The adequacy of the CCP’s Financial Resources (Margins and Default Fund contributions collected from its members) is assessed on at least a daily basis and reported regularly in accordance with the Financial Risk Policy using Group Risk Appetite as a benchmark. The Principles for Financial Market Infrastructures (PFMI) produced by CPMI-IOSCO and EMIR provide the minimum Risk Management standards that a CCP should apply; however, LSEG CCPs apply more stringent margin confidence levels in most cases.
If a clearing member fails, the collateral collected is used by a CCP to complete the trades and fulfil the failed organisation’s obligations. This ensures that the party on the other side of the trade is not negatively impacted by the default. The margin is calculated to cover market moves up to a certain confidence level.

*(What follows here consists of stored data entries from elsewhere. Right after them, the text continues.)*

//! What the changes of the rows mean for the containment that they tell: laws, with no program.

ghost use Rattle.std.specs.Prelude.{◌≡◌, ℕ, Bool, true, false, ◌==◌, ◌∷◌, List, Option};
ghost use Rattle.pm_model.specs.Containment.{contained};
ghost use Rattle.pm_reach.specs.Rows.{has};
ghost use Rattle.pm_reach.specs.Changes.{TellContainment, Adds, Assigns, Creates, Removes};

/// Where rows told the containment of some assignments, they tell that of these and a new one once they
/// have followed it.
#[tactic(auto, using(crate::proofs::Openings::assigned_more))]
pub fn assigned_rows_tell()
    ensures { (assigned : List (ℕ × ℕ)) (old new : List (List (Option (List ℕ)))) (x y : ℕ) → has old y ≡ true → TellContainment assigned old → Assigns x y old new → TellContainment ((x, y) ∷ assigned) new }
{}

/// So they do once they have followed that an element was made, which is assigned to nothing.
#[tactic(auto, using(crate::proofs::Openings::added_more))]
pub fn added_rows_tell()
    ensures { (assigned : List (ℕ × ℕ)) (old new : List (List (Option (List ℕ)))) (x : ℕ) → has old x ≡ false → ((q : ℕ) → contained assigned x q ≡ (x == q)) → TellContainment assigned old → Adds x old new → TellContainment assigned new }
{}

/// So they do once they have followed that an element was made and assigned to another.
#[tactic(auto, using(crate::proofs::Openings::created_more))]
pub fn created_rows_tell()
    ensures { (assigned : List (ℕ × ℕ)) (old new : List (List (Option (List ℕ)))) (x y : ℕ) → has old x ≡ false → has old y ≡ true → ((q : ℕ) → contained assigned x q ≡ (x == q)) → ((p : ℕ) → has old p ≡ true → contained assigned p x ≡ false) → TellContainment assigned old → Creates x y old new → TellContainment ((x, y) ∷ assigned) new }
{}

/// So they do once they have followed that an element was deleted.
#[tactic(auto, using(crate::proofs::Openings::removed_less))]
pub fn removed_rows_tell()
    ensures { (assigned : List (ℕ × ℕ)) (old new : List (List (Option (List ℕ)))) (x : ℕ) → TellContainment assigned old → Removes x old new → TellContainment assigned new }
{}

If losses exceed the defaulter’s financial resources, then under EMIR Regulation the CCP is required to utilise a specified proportion of its own capital ‘skin-in-the- game’ before it can utilise the assets of non-defaulters. The skin-in-the-game represents a proportion of the CCP’s own capital that is sufficient to act as an incentive for CCPs to minimise the operational risk related to default management and to adopt robust risk management processes. Once the skin-in-the-game has been exhausted, further losses are allocated to the non-defaulting members via funded member contributions to a mutualised default fund for each asset class or group thereof followed by further cash calls known as assessments and then a loss distribution waterfall set out in the CCP rulebook. CCP operational risk is managed using a bottom-up approach and is aligned with the Group’s operational risk management approach.
Further information on the Group’s clearing related risk is contained in the Principal Risks and Uncertainties on pages 49–50.

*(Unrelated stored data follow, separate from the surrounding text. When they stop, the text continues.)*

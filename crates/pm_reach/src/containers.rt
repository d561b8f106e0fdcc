//! The elements in which something else is contained, or once was. In any other there is nothing but
//! itself, so that a change of it writes its own row, and no other has to be looked at.

ghost use Rattle.std.specs.Prelude.{◌≡◌, ℕ, ◌<◌, ◌==◌, ◌||◌, false, length, IfOk, IfSome, OnOk, OnErr};
ghost use Rattle.pm_reach.specs.Words.{in_row};
ghost use Rattle.pm_reach.specs.Rows.{most};
ghost use Rattle.pm_reach.specs.Passes.{AreContainers, Spans, is_given};

use crate::table::RowTable;
use crate::words;
use pm_model::{ElementId, Memory};
use std::alloc::Global;
use std::marker::Model;
use std::sync::Arc;

/// How many words it takes to tell of each number whether it is one of them.
const WORDS: usize = 256;

/// A set of numbers below 16,384, which copies share until a number is put into it. Contracts see it as a row.
pub(crate) struct Containers {
    words: Arc<Vec<u64>>,
}

impl Drop for Containers {
    fn drop(self) {
        let Containers { words: _ } = self;
    }
}

impl Model for Containers {
    ghost use Rattle.std.specs.Prelude.{ℕ, List, ◌≡◌, length};
    ghost use Rattle.std.specs.Arc.{arc_value};

    ghost Value = { List ℕ };

    ghost view = { λ c. (arc_value c.words).items };

    ghost invariant = { λ c. length (arc_value c.words).items ≡ 256 };
}

impl Containers {
    /// The set without numbers.
    pub(crate) fn new(alloc: Global) -> Result<Containers, Memory> {
        let words = vec![in alloc; 0; WORDS]?;
        Ok(Containers {
            words: Arc::new(alloc, words)?,
        })
    }

    /// Whether it has y.
    pub(crate) fn has(&self, y: u32) -> bool
        ensures { result ≡ in_row self.now y }
    {
        words::has(self.words.as_slice(), y)
    }

    /// Puts y into it. It takes memory wherever it hasn't y. On Memory it is as before.
    pub(crate) fn put(&mut self, y: u32) -> Result<(), Memory>
        requires { y < most }
        ensures ok { OnOk result ((q : ℕ) → in_row self.new q ≡ (q == y || in_row self.old q)) }
        ensures err { OnErr result (self.new ≡ self.old) }
    {
        if self.has(y) {
            return Ok(());
        }
        self.put_new(y)
    }

    fn put_new(&mut self, y: u32) -> Result<(), Memory>
        requires { y < most }
        ensures ok { OnOk result ((q : ℕ) → in_row self.new q ≡ (q == y || in_row self.old q)) }
        ensures err { OnErr result (self.new ≡ self.old) }
    {
        let alloc = *self.words.allocator();
        let mut words = Vec::from_slice(alloc, self.words.as_slice())?;
        words::set_bit(words.as_mut_slice(), y);
        self.words = Arc::new(alloc, words)?;
        Ok(())
    }

    /// Puts the container into it, where there is one. On Memory it is as before.
    pub(crate) fn put_given(&mut self, container: Option<ElementId>) -> Result<(), Memory>
        requires { IfSome container (λ y. y < most) }
        ensures ok { OnOk result ((q : ℕ) → in_row self.new q ≡ (is_given container q || in_row self.old q)) }
        ensures err { OnErr result (self.new ≡ self.old) }
    {
        match container {
            Some(y) => self.put(y.number()),
            None => Ok(()),
        }
    }

    /// The same set once more.
    pub(crate) fn copy(&self) -> Result<Containers, Memory>
        ensures { IfOk result (λ same. same ≡ self.now) }
    {
        Ok(Containers {
            words: Arc::try_clone(&self.words)?,
        })
    }
}

/// Numbers from `low` on and below `high`.
#[derive(Clone, Copy)]
pub(crate) struct Span {
    pub low: u32,
    pub high: u32,
}

/// The numbers among which all is that is contained in x: x alone, where nothing else ever was.
#[tactic(auto, using(crate::proofs::Spanning::alone, crate::proofs::Spanning::all))]
pub(crate) fn span_of(table: &RowTable, containers: &Containers, x: u32) -> Span
    requires { AreContainers table.now.rows containers.now }
    ensures { Spans table.now.rows x result.low result.high }
{
    let size = table.len() as u32;
    if x < size && !containers.has(x) {
        return Span {
            low: x,
            high: x + 1,
        };
    }
    Span { low: 0, high: size }
}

The Risk Governance of the Group is as follows and presented diagrammatically below:
- The Board is responsible for determining the Group Risk Appetite. The Board’s Risk Committee receives regular reports presenting the aggregate risks of the whole Group measured against the Appetite
- The ERMF defines roles and responsibilities for risk management oversight and activities, including for the Board, the Executive Committee and sub- Committees thereof
- The Executive Financial and Operational Risk Committees monitor and report on the risk profile of the Group; review and challenge the application of the Group risk framework; recommend Risk Appetite Statements to the Executive Committee and monitor compliance with the relevant risk policies
- The Group has a Business Continuity Management framework in place which is managed and maintained through a fully established Business Continuity Programme. The Business Continuity Programme is overseen by the Business Continuity Board, a sub-committee of the Operational Risk Committee
- The New Product/Market Committee reviews and recommends business cases to the Executive Committee ensuring product innovation and new market risks are appropriately identified and assessed
Each Group-level risk is owned by a member of the Executive Committee who is responsible for managing or mitigating the risk in order to remain within Risk Appetite. The Board and the Risk Committee receive presentations on material risks and related mitigants as appropriate.
The Reports of the Audit and of the Risk Committees, on pages 65–71, provide details on the work carried out to assist the Board in fulfilling its oversight responsibilities for risk management and systems of internal control.